A intenção de mostrar o processo de produção do alimento também é valorizada na Ecosabores, em Bom Princípio, sítio comandado pelo casal André Steffen e Adriana Steffen. Eles comercializam, sobretudo, a produção agroecológica de morangos. Ao abrirem as porteiras da propriedade de 9,2 hectares - dos quais utilizam três, pois o resto é mata nativa -, desejavam mostrar que é possível produzir sem agredir o meio ambiente. "A ideia é fazer as pessoas entenderem que, além do mundo delas, existe outro. E o que o alimento é mais do que uma mercadoria", afirma Steffen.
Em 1998, depois de fazer um curso de agroecologia, o casal se tornou primeiro produtor orgânicos de morango da cidade. Steffen diz que a escolha por uma produção orgânica se deu por uma questão de responsabilidade. "A gente jamais vai obter uma renda sabendo que prejudica o meio ambiente e as pessoas", diz.
De acordo com Cândida Schaedler, uma das sócias da agência Cultivo, que tem foco em estratégias para o setor rural, é importante aplicar estratégias de educomunicação socioambiental como forma de integração com escolas e entidades locais. "Quando se trabalha com o campo, é preciso entender que há um potencial educativo muito grande, que já está na essência dos próprios empreendimentos, mas perpassa uma necessidade da sociedade", afirma.
 

O problema não é ser pequeno, é ser sozinho

Hilgert, reforça a integração com entidades e produtores
Hilgert produz cachaças artesanais seguindo passos familiares
LAÍS ESCHER/DIVULGAÇÃO/JC

Uma das maiores barreiras enfrentadas pelos empreendimentos que trabalham com turismo rural é a falta de apoio do poder público. Leandro Hilgert é dono da Cachaçaria Harmonie Schnaps, localizada em Harmonia, cidade com pouco mais de 4 mil habitantes. O alambique foi fundado em 2004 e carrega as tradições  da família do proprietário, cujo tio-avô produzia cachaças. Desde que fundou o empreendimento no município de 4,5 mil habitantes, ele já tinha ideia de investir no turismo para disseminar o processo de produção artesanal da bebida típica brasileira, o trabalho educativo de teor socioambiental e a promoção das belezas naturais da região. Segundo ele, o percurso da Rota Sabores e Saberes propõe um turismo diferente e mais calmo e é preciso reforçar a ideia, junto às administrações públicas, de que é um investimento a longo prazo.
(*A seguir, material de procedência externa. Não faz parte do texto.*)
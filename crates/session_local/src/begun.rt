//! What a session holds from its begin to its end.

ghost use Rattle.std.specs.Prelude.{◌≡◌, ◌≤◌, ◌<◌, ◌==◌, ◌||◌, ◌++◌, [], ◌∷◌, true, Option, Some, None, IfSome, IsTrue, MatchOption, length, nat_le, find, filter, map, not, is_some, option_map, remove, vec_len, vec_capacity, if◌then◌else◌};
ghost use Rattle.session_local.specs.Answer.{Bytes, answered_by, shown_by};
ghost use Rattle.session_local.specs.declared.reply.Value.TheVariants as value;
ghost use Rattle.session_local.specs.Local.{unprepared};
ghost use Rattle.session_local.specs.Finishing.{temps_with, with_update_at};
ghost use Rattle.session_local.specs.Holding.{position_of, begun_with_cursors};
ghost use Rattle.session_local.specs.Preparing.{update_of, FitsCursor};
ghost use Rattle.session_local.specs.SessionSide.{label_of, are_distinct};
ghost use Rattle.session_local.specs.Showing.{names_within, value_answered};

use crate::buffers::{Buffers, MOST_CURSORS};
use crate::open_cursor::OpenCursor;
use crate::prepared::Prepared;
use crate::reply::{Reply, Value};
use crate::reply_buffer::ReplyBuffer;
use crate::retrieved_value::RetrievedValue;
use crate::temps::Temps;
use jet_base::CursorId;
use std::marker::Model;
use temp_table::TempTable;

/// The cursors, the temporary tables and the reply buffer of a session that was begun.
#[derive(Debug, Drop)]
pub(crate) struct Begun {
    pub(crate) cursors: Vec<OpenCursor>,
    pub(crate) temps: Temps,
    pub(crate) reply: ReplyBuffer,
}

impl Model for Begun {
    ghost use Rattle.session_local.specs.SessionSide.{HeldState};

    ghost Value = { HeldState };

    ghost use Rattle.session_local.specs.Holding.{held, IsHeld};

    ghost view = { held };

    ghost invariant = { IsHeld };
}

impl Begun {
    /// A session that has just begun.
    pub(crate) fn new(buffers: Buffers) -> Begun
        ensures { result ≡ record { cursors = []; temps = []; reply = buffers } }
    {
        let Buffers {
            cursors,
            temps,
            reply,
        } = buffers;
        Begun {
            cursors,
            temps,
            reply,
        }
    }

    /// The bytes of the reply buffer.
    pub(crate) fn reply(&self) -> &[u8]
        ensures bytes { result.now ≡ self.now.reply }
        ensures short { length self.now.reply ≤ 1048576 }
    {
        self.reply.as_bytes()
    }

    /// The cursors, in the order in which they were opened.
    pub(crate) fn cursors(&self) -> &[OpenCursor]
        ensures cursors { result.now ≡ self.now.cursors }
        ensures distinct { are_distinct (map label_of self.now.cursors) ≡ true }
    {
        self.cursors.as_slice()
    }

    /// The place of the cursor with this label.
    pub(crate) fn position(&self, label: CursorId) -> Option<usize>
        ensures { result ≡ position_of label.0 self.now.cursors }
    {
        self.cursors
            .iter()
            .position(|cursor| cursor.label().0 == label.0)
    }

    /// The cursor with this label.
    pub(crate) fn cursor(&self, label: CursorId) -> Option<&OpenCursor>
        ensures { MatchOption result (find (λ c. c.label == label.0) self.now.cursors ≡ None) (λ found. find (λ c. c.label == label.0) self.now.cursors ≡ Some found.now) }
    {
        match self.position(label) {
            Some(at) => Some(&self.cursors[at]),
            None => None,
        }
    }

    /// Whether a cursor with this label may be opened: none has it, and 16 are not open yet.
    pub(crate) fn has_room_for(&self, label: CursorId) -> bool
        ensures { result ≡ not (is_some (find (λ c. c.label == label.0) self.now.cursors) || nat_le 16 (length self.now.cursors)) }
    {
        match self.position(label) {
            Some(_) => false,
            None => self.cursors.len() < MOST_CURSORS,
        }
    }

    /// Puts a cursor behind the others. There is room for it.
    pub(crate) fn push(&mut self, cursor: OpenCursor)
        requires free { find (λ c. c.label == cursor.label) self.old.cursors ≡ None }
        requires few { length self.old.cursors < 16 }
        ensures { self.new ≡ record self.old { cursors = self.old.cursors ++ cursor ∷ [] } }
    {
        match self.cursors.push(cursor) {
            Ok(()) => {}
            Err(_) => unreachable!(),
        }
    }

    /// Lets the cursor with this label go.
    pub(crate) fn remove(&mut self, label: CursorId)
        ensures reply { self.new.reply ≡ self.old.reply }
        ensures temps { self.new.temps ≡ self.old.temps }
        ensures cursors { self.new.cursors ≡ filter (λ c. not (c.label == label.0)) self.old.cursors }
    {
        if let Some(at) = self.position(label) {
            take_out(&mut self.cursors, at);
        }
    }

    /// Opens a temporary table that was filled. Nothing changes where the label is taken and where four are open.
    pub(crate) fn open_filled(&mut self, label: CursorId, table: TempTable)
        ensures { self.new ≡ record self.old { temps = temps_with self.old.temps label table } }
    {
        self.temps.add(label, table);
    }

    /// Puts this prepared update on the cursor with this label, in the place of the one that there was. It has the
    /// columns of the cursor's table.
    pub(crate) fn prepare(&mut self, label: CursorId, prepared: Option<Prepared>)
        requires { FitsCursor (find (λ c. c.label == label.0) self.old.cursors) prepared }
        ensures reply { self.new.reply ≡ self.old.reply }
        ensures temps { self.new.temps ≡ self.old.temps }
        ensures cursors { self.new.cursors ≡ (with_update_at (begun_with_cursors self.old.cursors) label.0 (option_map update_of prepared)).cursors }
    {
        if let Some(at) = self.position(label) {
            let cursor = &mut self.cursors[at];
            cursor.prepare(prepared);
        }
    }

    /// Lets every prepared update go.
    pub(crate) fn drop_prepared(&mut self)
        ensures reply { self.new.reply ≡ self.old.reply }
        ensures temps { self.new.temps ≡ self.old.temps }
        ensures cursors { self.new.cursors ≡ map unprepared self.old.cursors }
    {
        drop_each(&mut self.cursors);
    }

    /// Writes these bytes to the front of the reply buffer: the value that shows them, as a front of one of so many.
    pub(crate) fn show(&mut self, front: &[u8], whole: u64) -> Value
        requires { length front.now ≤ 1048576 }
        ensures shown { shown_by result self.new.reply ≡ Bytes front.now whole }
        ensures named { IsTrue (names_within result (length self.new.reply)) }
        ensures value { result ≡ value.Bytes (length front.now) whole }
        ensures cursors { self.new.cursors ≡ self.old.cursors }
        ensures temps { self.new.temps ≡ self.old.temps }
    {
        self.reply.show(front, whole)
    }

    /// Reads the first bytes of a value, up to the most that was asked for, to the front of the reply buffer.
    pub(crate) fn show_value<V: RetrievedValue>(&mut self, value: &V, most: u32) -> Reply
        requires { IfSome (V.bytes value.now) (λ bytes. length bytes ≤ 1048576) }
        ensures shown { answered_by result self.new.reply ≡ value_answered most (V.bytes value.now) }
        ensures named { IsTrue (names_within result.value (length self.new.reply)) }
        ensures cursors { self.new.cursors ≡ self.old.cursors }
        ensures temps { self.new.temps ≡ self.old.temps }
    {
        self.reply.show_value(value, most)
    }
}

// Lets the prepared update of each cursor go.
fn drop_each(cursors: &mut [OpenCursor])
    ensures { cursors.new ≡ map unprepared cursors.old }
{
    for cursor in cursors.iter_mut() {
        cursor.prepare(None);
    }
}

// Takes the cursor at this place out.
fn take_out(cursors: &mut Vec<OpenCursor>, at: usize)
    requires { at < vec_len cursors.old }
    ensures items { cursors.new.items ≡ remove cursors.old.items at }
    ensures len { vec_len cursors.new ≤ vec_len cursors.old }
    ensures capacity { vec_capacity cursors.new ≡ vec_capacity cursors.old }
{
    let _ = cursors.remove(at);
}
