//! Values that lie apart.

ghost use Rattle.std.specs.Prelude.{◌≡◌, IfOk};

use jet_base::OutOfMemory;
use std::alloc::Global;
use std::marker::Model;

/// A value in memory of its own, so that what holds it stays small. Contracts see the value.
#[derive(Debug, Drop)]
pub struct Apart<T> {
    inner: Box<T>,
}

impl<T> Model for Apart<T> {
    ghost Value = { T };

    ghost view = { λ a. a.inner.value };
}

impl<T: Drop> Apart<T> {
    /// The value, put into memory of its own. Where there is none it is dropped.
    pub fn new(alloc: Global, value: T) -> Result<Apart<T>, OutOfMemory>
        ensures { IfOk result (λ made. made ≡ value) }
    {
        let inner = Box::new(alloc, value)?;
        Ok(Apart { inner })
    }
}

impl<T> Apart<T> {
    /// The value.
    pub fn get(&self) -> &T
        ensures { result.now ≡ self.now }
    {
        &self.inner
    }
}

impl<T: PartialEq> PartialEq for Apart<T> {
    ghost eq = { T.eq };

    ghost laws = { T.laws };

    fn eq(&self, other: &Apart<T>) -> bool {
        self.get() == other.get()
    }
}

impl<T: Eq> Eq for Apart<T> {
    ghost laws = { T.Eq.laws };
}
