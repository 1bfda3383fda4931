//! MakeKey and RemoveIndexRange.

ghost use Rattle.std.specs.Prelude.{◌≡◌, IsTrue};
ghost use Rattle.session_local.specs.Changing.{cursor_after, key_made_at, range_removed_at};
ghost use Rattle.session_local.specs.WellFormed.{is_well_formed_schema};

use crate::navigating::jet_of;
use crate::open_cursor::OpenCursor;
use jet_base::{Given, Jet};

impl OpenCursor {
    /// Makes the next segment of a key in the current index, or with `fresh` the first.
    pub(crate) fn make_key(&mut self, fresh: bool, value: &Given) -> Jet
        requires { IsTrue (is_well_formed_schema self.old.schema) }
        ensures jet { result ≡ (key_made_at self.old fresh value.now).jet }
        ensures cursor { self.new ≡ cursor_after self.old (key_made_at self.old fresh value.now) }
    {
        jet_of(self.cursor.make_key(&self.schema, fresh, value))
    }

    /// Ends the range, where there is one.
    pub(crate) fn remove_range(&mut self) -> Jet
        ensures jet { result ≡ (range_removed_at self.old).jet }
        ensures cursor { self.new ≡ cursor_after self.old (range_removed_at self.old) }
    {
        self.cursor.drop_range();
        Jet::Success
    }
}
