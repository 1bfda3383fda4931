//! What the engine decided of a call.

use crate::buffers::Buffers;
use crate::prepared::Prepared;
use crate::reply::Reply;
use index_derive::{Schema, Step};
use jet_base::TableId;
use temp_table::TempTable;

/// What the engine decided of a call that looks at the shared state, before anything changes.
#[derive(Debug, Drop)]
pub struct Decision {
    /// The entries that the log takes: none where the call is refused or only reads.
    pub step: Option<Step>,
    pub reply: Reply,
    /// The table that an OpenTable opens, with its schema.
    pub table: Option<(TableId, Schema)>,
    /// The update that a PrepareUpdate `insertcopy` or `replace` prepares.
    pub copied: Option<Prepared>,
    /// The temporary table that an IntersectIndexes fills.
    pub temp: Option<TempTable>,
    /// The memory of a session that begins.
    pub buffers: Option<Buffers>,
    /// The call waits for the log.
    pub flush: bool,
}
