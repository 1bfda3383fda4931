//! One session's own state.

ghost use Rattle.std.specs.Prelude.{◌≡◌, ◌≤◌, true, [], IfSome, IsTrue, Option, Some, None, MatchOption, option_map, length, map, if◌then◌else◌};
ghost use Rattle.session_local.specs.Answer.{Bytes, answered_by, shown_by};
ghost use Rattle.session_local.specs.declared.reply.Value.TheVariants as value;
ghost use Rattle.session_local.specs.Local.{no_session, cursor_labelled, without_cursor, without_prepared};
ghost use Rattle.session_local.specs.Finishing.{with_filled, with_opened, with_update_at};
ghost use Rattle.session_local.specs.Holding.{begun_with_cursors};
ghost use Rattle.session_local.specs.Preparing.{update_of, FitsCursor};
ghost use Rattle.session_local.specs.SessionSide.{label_of, are_distinct};
ghost use Rattle.session_local.specs.Showing.{names_within, value_answered};

use crate::begun::Begun;
use crate::buffers::Buffers;
use crate::open_cursor::OpenCursor;
use crate::prepared::Prepared;
use crate::reply::{Reply, Value};
use crate::retrieved_value::RetrievedValue;
use index_derive::Schema;
use jet_base::{CursorId, Session, TableId};
use std::marker::Model;
use temp_table::TempTable;

/// One session's own state: whether it was begun, its cursors with their prepared updates, and its reply buffer.
///
/// Contracts see the session's label, the state of the definitions, and the bytes of the reply buffer. It has room for
/// 1,048,576 of them from BeginSession to EndSession, and has as many as the replies so far may have shown. The value of a
/// reply that shows bytes lies at their front.
#[derive(Debug, Drop)]
pub struct Local {
    session: Session,
    pub(crate) begun: Option<Begun>,
}

impl Model for Local {
    ghost use Rattle.session_local.specs.SessionSide.{SessionSide};

    ghost Value = { SessionSide };

    ghost use Rattle.session_local.specs.Holding.{side};

    ghost view = { side };
}

impl Local {
    /// The state of a session that was not begun. It takes no memory.
    pub fn new(session: Session) -> Local
        ensures { result ≡ record { session = session.0; state = no_session; reply = [] } }
    {
        Local {
            session,
            begun: None,
        }
    }

    /// The session's label.
    pub fn session(&self) -> Session
        ensures { result.0 ≡ self.now.session }
    {
        self.session
    }

    /// The reply buffer: 1,048,576 bytes at most, and none before BeginSession.
    pub fn reply(&self) -> &[u8]
        ensures bytes { result.now ≡ self.now.reply }
        ensures count { length self.now.reply ≤ (if self.now.state.begun then 1048576 else 0) }
    {
        match &self.begun {
            Some(begun) => begun.reply(),
            None => &[],
        }
    }

    /// The cursors, in the order in which they were opened: 16 at most, and no two with one label.
    pub fn cursors(&self) -> &[OpenCursor]
        ensures cursors { result.now ≡ self.now.state.cursors }
        ensures distinct { are_distinct (map label_of self.now.state.cursors) ≡ true }
    {
        match &self.begun {
            Some(begun) => begun.cursors(),
            None => &[],
        }
    }

    /// How many temporary tables are open: four at most.
    pub fn open_temps(&self) -> usize
        ensures { result ≡ length self.now.state.temps }
    {
        match &self.begun {
            Some(begun) => begun.temps.len(),
            None => 0,
        }
    }

    /// The cursor with this label.
    pub fn cursor(&self, label: CursorId) -> Option<&OpenCursor>
        ensures { MatchOption result (cursor_labelled self.now.state label.0 ≡ None) (λ found. cursor_labelled self.now.state label.0 ≡ Some found.now) }
    {
        match &self.begun {
            Some(begun) => begun.cursor(label),
            None => None,
        }
    }

    /// Writes a front of a value to the front of the reply buffer: the value that shows it, with the length of the
    /// whole.
    pub fn show(&mut self, front: &[u8], whole: u64) -> Value
        requires begun { IsTrue self.old.state.begun }
        requires room { length front.now ≤ 1048576 }
        ensures shown { shown_by result self.new.reply ≡ Bytes front.now whole }
        ensures named { IsTrue (names_within result (length self.new.reply)) }
        ensures value { result ≡ value.Bytes (length front.now) whole }
        ensures state { self.new.state ≡ self.old.state }
        ensures session { self.new.session ≡ self.old.session }
    {
        match &mut self.begun {
            Some(begun) => begun.show(front, whole),
            None => Value::Nothing,
        }
    }

    /// Reads the first bytes of a value, up to the most that was asked for, to the front of the reply buffer: success or a
    /// truncated value, with the length of the whole, or that there is no such value.
    pub fn show_value<V: RetrievedValue>(&mut self, value: &V, most: u32) -> Reply
        requires begun { IsTrue self.old.state.begun }
        requires room { IfSome (V.bytes value.now) (λ bytes. length bytes ≤ 1048576) }
        ensures shown { answered_by result self.new.reply ≡ value_answered most (V.bytes value.now) }
        ensures named { IsTrue (names_within result.value (length self.new.reply)) }
        ensures state { self.new.state ≡ self.old.state }
        ensures session { self.new.session ≡ self.old.session }
    {
        match &mut self.begun {
            Some(begun) => begun.show_value(value, most),
            None => unreachable!(),
        }
    }

    /// The session begins, with its memory.
    pub(crate) fn begin(&mut self, buffers: Buffers)
        ensures { self.new ≡ record self.old { state = begun_with_cursors []; reply = buffers } }
    {
        self.begun = Some(Begun::new(buffers));
    }

    /// The session ends, and gives its memory up.
    pub(crate) fn end(&mut self)
        ensures { self.new ≡ record self.old { state = no_session; reply = [] } }
    {
        self.begun = None;
    }

    /// Opens a cursor on the table, before the first entry of its primary order. Nothing changes where the session was
    /// not begun, where the label is taken and where 16 cursors are open.
    pub(crate) fn open(&mut self, label: CursorId, table: TableId, schema: Schema)
        ensures { self.new ≡ record self.old { state = with_opened self.old.state label.0 (Some (table.0, schema)) } }
    {
        if let Some(begun) = &mut self.begun
            && begun.has_room_for(label)
        {
            begun.push(OpenCursor::new(label, table, schema));
        }
    }

    /// Opens a temporary table that was filled. Nothing changes where the session was not begun, where the label is taken and
    /// where four are open.
    pub(crate) fn open_filled(&mut self, label: CursorId, table: TempTable)
        ensures { self.new ≡ record self.old { state = with_filled self.old.state label (Some table) } }
    {
        if let Some(begun) = &mut self.begun {
            begun.open_filled(label, table);
        }
    }

    /// Closes the cursor with this label.
    pub(crate) fn close(&mut self, label: CursorId)
        ensures { self.new ≡ record self.old { state = without_cursor self.old.state label.0 } }
    {
        if let Some(begun) = &mut self.begun {
            begun.remove(label);
        }
    }

    /// Puts this prepared update on the cursor with this label, in the place of the one that there was. It has the
    /// columns of the cursor's table.
    pub(crate) fn prepare(&mut self, label: CursorId, prepared: Option<Prepared>)
        requires { FitsCursor (cursor_labelled self.old.state label.0) prepared }
        ensures { self.new ≡ record self.old { state = with_update_at self.old.state label.0 (option_map update_of prepared) } }
    {
        if let Some(begun) = &mut self.begun {
            begun.prepare(label, prepared);
        }
    }

    /// Lets every prepared update go.
    pub(crate) fn drop_prepared(&mut self)
        ensures { self.new ≡ record self.old { state = without_prepared self.old.state } }
    {
        if let Some(begun) = &mut self.begun {
            begun.drop_prepared();
        }
    }
}
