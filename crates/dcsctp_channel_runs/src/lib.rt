//! Runs of two ends with channels, and the run of two sockets that each is.
#![tactic(auto)]

mod laws;

pub use laws::channels_run_sockets;
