// Performs an act, and keeps it and its outcome. The errors are those of `move_side`, and
// `SocketFault::OutOfMemory` if a word, an association or the act can't be kept.
fn perform_and_keep<R: Rng + Drop>(
    a: &mut WatchedSocket<Recorded<R>>,
    b: &mut WatchedSocket<Recorded<R>>,
    acts: &mut Vec<Act>,
    act: Act,
) -> Result<Reply, SocketFault>
    requires a { a.old.socket.view.events ≡ [] }
    requires b { b.old.socket.view.events ≡ [] }
    ensures call { AppliesOrFails (recorded_stream R.stream) (act_content act)
        (world_of a.old b.old acts.old.items false) result
        (world_of a.new b.new acts.new.items false) }
    ensures whole { OnOk result (AreWhole (both a.new b.new)) }
{
    let reply = move_side(a, b, &act)?;
    if !are_whole(a, b) {
        return Err(SocketFault::OutOfMemory);
    }
    a.keep_association()?;
    b.keep_association()?;
    acts.push(act)?;
    Ok(reply)
}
Para André Steffen, da Ecosabores, é preciso "fazer com que o município viva o turismo, respeite o turismo, porque todos acabam ganhando". A falta de um planejamento específico é um problema comum enfrentado por municípios pequenos, que, muitas vezes, não dispõem sequer de um departamento específico na administração pública para tratar de turismo. Junto a isso, as iniciativas voltadas ao turismo rural também enfrentam pré-concepções consolidadas sobre a produção agrícola. Steffen lamenta que ações como o cultivo orgânico costumem ter apoio institucional em casos mais isolados porque, "quando se fala em agricultura, se pensa logo em larga escala". Ele acredita que, para ampliar a produção orgânica na região, muitas vezes também se falta o conhecimento necessário. "Estão dentro de um sistema e não conseguem sair", diz. "É bastante cultural."

A falta de políticas públicas adequadas dificulta a popularização e a devida valorização das iniciativas, mas há entidades que estão dispostas a ajudar. Nos seus 20 anos de atuação na agricultura, Steffen ressalta o trabalho da Emater-RS-Ascar, que dá assistência aos pequenos produtores rurais do Estado e esteve com eles "desde o começo". Hilgert, que é associado à Associação dos Produtores de Cana-de-Açúcar e Seus Derivados (Aprodecana) e ao grupo Alambiques Gaúchos, também reconhece o papel da integração com entidades e a ação coletiva entre os produtores, que contaram com o apoio da Emater para  a formatação do Rota Sabores e Saberes, desenvolvida junto com os outros empreendimentos que compõem o trajeto. "Uma coisa que eu aprendi nesse andar é que o problema não é ser pequeno, é ser sozinho", disse.